→ REQUIREMENT:
The entries below contain a stretch that opens with the line containing "used ≡ length" and closes with the line containing "pub use table::Table;"; set down that stretch exactly, both ends included, and nothing else.

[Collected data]
----
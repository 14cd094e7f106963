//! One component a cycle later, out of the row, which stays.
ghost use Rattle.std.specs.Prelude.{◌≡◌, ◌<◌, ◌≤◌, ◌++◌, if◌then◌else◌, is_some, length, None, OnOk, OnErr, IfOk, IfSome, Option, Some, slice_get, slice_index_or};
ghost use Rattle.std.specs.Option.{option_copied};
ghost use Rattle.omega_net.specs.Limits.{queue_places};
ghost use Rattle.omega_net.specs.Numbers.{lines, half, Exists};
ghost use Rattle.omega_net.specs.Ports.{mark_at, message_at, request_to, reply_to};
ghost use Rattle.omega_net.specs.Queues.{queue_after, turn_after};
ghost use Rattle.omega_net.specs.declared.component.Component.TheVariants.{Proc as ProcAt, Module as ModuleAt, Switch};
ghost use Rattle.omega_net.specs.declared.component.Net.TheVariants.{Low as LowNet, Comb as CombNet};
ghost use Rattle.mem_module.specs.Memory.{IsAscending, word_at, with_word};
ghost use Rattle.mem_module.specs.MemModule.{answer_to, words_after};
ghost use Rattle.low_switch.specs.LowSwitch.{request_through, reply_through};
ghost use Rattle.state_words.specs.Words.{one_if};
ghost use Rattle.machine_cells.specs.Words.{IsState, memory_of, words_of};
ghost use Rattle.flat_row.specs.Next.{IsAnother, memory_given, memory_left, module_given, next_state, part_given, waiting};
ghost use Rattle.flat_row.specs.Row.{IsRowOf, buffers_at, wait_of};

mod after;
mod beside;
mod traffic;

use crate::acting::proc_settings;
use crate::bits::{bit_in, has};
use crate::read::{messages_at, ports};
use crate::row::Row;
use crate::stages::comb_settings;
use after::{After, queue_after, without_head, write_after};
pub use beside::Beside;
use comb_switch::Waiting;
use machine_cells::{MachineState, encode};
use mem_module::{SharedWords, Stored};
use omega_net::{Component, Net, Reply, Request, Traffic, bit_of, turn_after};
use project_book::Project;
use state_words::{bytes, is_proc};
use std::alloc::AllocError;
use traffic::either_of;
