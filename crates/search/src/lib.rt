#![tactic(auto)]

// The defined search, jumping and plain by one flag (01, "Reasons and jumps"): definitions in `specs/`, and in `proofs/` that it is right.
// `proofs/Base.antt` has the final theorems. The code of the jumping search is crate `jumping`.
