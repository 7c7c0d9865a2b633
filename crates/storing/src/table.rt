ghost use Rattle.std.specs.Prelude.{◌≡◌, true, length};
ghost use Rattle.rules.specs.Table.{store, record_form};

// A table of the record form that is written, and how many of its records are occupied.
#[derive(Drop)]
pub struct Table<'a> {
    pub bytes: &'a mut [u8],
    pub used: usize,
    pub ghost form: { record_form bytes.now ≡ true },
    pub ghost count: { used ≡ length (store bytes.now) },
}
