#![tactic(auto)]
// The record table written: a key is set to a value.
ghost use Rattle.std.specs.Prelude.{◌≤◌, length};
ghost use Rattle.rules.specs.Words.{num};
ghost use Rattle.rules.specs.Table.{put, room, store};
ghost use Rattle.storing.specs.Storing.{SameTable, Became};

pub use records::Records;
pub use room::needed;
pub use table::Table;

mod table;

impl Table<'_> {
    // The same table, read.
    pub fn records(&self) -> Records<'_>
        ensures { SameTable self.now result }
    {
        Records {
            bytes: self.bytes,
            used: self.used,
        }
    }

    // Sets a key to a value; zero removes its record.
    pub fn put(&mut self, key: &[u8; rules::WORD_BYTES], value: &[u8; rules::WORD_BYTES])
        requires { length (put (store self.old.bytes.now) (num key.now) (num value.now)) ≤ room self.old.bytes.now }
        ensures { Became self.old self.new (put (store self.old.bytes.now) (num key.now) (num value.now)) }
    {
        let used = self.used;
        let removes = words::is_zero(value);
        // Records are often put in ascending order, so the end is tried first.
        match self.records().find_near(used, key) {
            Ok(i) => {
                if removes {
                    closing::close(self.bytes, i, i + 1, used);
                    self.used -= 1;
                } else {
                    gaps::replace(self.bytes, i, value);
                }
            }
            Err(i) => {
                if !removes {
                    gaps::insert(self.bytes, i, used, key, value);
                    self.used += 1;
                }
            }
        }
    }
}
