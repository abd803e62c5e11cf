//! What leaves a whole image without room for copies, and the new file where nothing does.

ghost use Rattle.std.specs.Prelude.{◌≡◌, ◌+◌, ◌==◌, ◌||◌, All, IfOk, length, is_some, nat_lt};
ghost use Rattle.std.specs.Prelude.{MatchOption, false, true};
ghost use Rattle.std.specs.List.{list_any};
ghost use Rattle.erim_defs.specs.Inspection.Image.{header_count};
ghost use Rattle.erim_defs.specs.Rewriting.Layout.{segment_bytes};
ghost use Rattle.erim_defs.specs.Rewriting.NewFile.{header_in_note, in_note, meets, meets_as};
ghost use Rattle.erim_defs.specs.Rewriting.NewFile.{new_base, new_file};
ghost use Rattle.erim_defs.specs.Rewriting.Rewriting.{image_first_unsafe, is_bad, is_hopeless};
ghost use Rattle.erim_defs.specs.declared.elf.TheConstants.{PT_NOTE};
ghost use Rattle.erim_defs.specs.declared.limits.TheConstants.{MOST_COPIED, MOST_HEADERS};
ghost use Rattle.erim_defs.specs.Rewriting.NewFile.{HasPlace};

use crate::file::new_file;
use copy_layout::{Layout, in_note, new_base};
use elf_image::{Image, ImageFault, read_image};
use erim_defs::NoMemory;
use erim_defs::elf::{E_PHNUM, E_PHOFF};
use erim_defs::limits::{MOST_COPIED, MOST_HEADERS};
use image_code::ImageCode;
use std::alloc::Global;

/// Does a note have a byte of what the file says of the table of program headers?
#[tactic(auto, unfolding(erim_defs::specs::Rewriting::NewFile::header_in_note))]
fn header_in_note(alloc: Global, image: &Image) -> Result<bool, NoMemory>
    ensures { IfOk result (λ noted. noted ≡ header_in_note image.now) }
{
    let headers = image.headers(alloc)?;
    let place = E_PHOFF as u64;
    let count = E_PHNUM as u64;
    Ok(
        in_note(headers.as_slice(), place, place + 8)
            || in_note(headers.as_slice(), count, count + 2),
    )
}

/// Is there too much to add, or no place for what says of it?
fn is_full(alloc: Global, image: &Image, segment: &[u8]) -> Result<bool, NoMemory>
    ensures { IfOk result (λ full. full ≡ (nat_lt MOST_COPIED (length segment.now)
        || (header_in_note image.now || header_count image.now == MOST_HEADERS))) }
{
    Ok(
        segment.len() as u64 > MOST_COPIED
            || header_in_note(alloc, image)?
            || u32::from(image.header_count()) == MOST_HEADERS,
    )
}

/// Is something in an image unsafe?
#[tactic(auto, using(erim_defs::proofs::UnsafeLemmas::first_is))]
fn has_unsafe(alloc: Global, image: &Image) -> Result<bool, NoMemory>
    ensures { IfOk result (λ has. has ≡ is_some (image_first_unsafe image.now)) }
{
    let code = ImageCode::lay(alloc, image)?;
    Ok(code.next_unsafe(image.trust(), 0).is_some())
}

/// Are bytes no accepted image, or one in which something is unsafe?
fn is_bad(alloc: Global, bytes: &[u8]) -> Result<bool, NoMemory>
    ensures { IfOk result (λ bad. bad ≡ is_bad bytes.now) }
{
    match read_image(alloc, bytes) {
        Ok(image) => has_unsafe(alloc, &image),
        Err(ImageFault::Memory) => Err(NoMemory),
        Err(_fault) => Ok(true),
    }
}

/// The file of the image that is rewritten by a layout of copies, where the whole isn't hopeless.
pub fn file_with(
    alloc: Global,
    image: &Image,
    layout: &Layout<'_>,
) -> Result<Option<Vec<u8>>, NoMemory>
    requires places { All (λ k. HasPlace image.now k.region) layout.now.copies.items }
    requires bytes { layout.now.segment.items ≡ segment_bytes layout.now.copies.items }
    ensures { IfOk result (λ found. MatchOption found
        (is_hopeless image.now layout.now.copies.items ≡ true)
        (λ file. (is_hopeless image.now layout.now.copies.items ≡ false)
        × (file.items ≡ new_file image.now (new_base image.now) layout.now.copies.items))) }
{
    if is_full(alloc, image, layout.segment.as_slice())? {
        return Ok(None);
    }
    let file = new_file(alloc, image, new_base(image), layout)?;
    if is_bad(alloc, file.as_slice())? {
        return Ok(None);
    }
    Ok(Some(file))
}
----
→ RESULT OF THIS EXERCISE:
    pub ghost count: { used ≡ length (store bytes.now) },
}
#![tactic(auto)]
// The record table written: a key is set to a value.
ghost use Rattle.std.specs.Prelude.{◌≤◌, length};
ghost use Rattle.rules.specs.Words.{num};
ghost use Rattle.rules.specs.Table.{put, room, store};
ghost use Rattle.storing.specs.Storing.{SameTable, Became};

pub use records::Records;
pub use room::needed;
pub use table::Table;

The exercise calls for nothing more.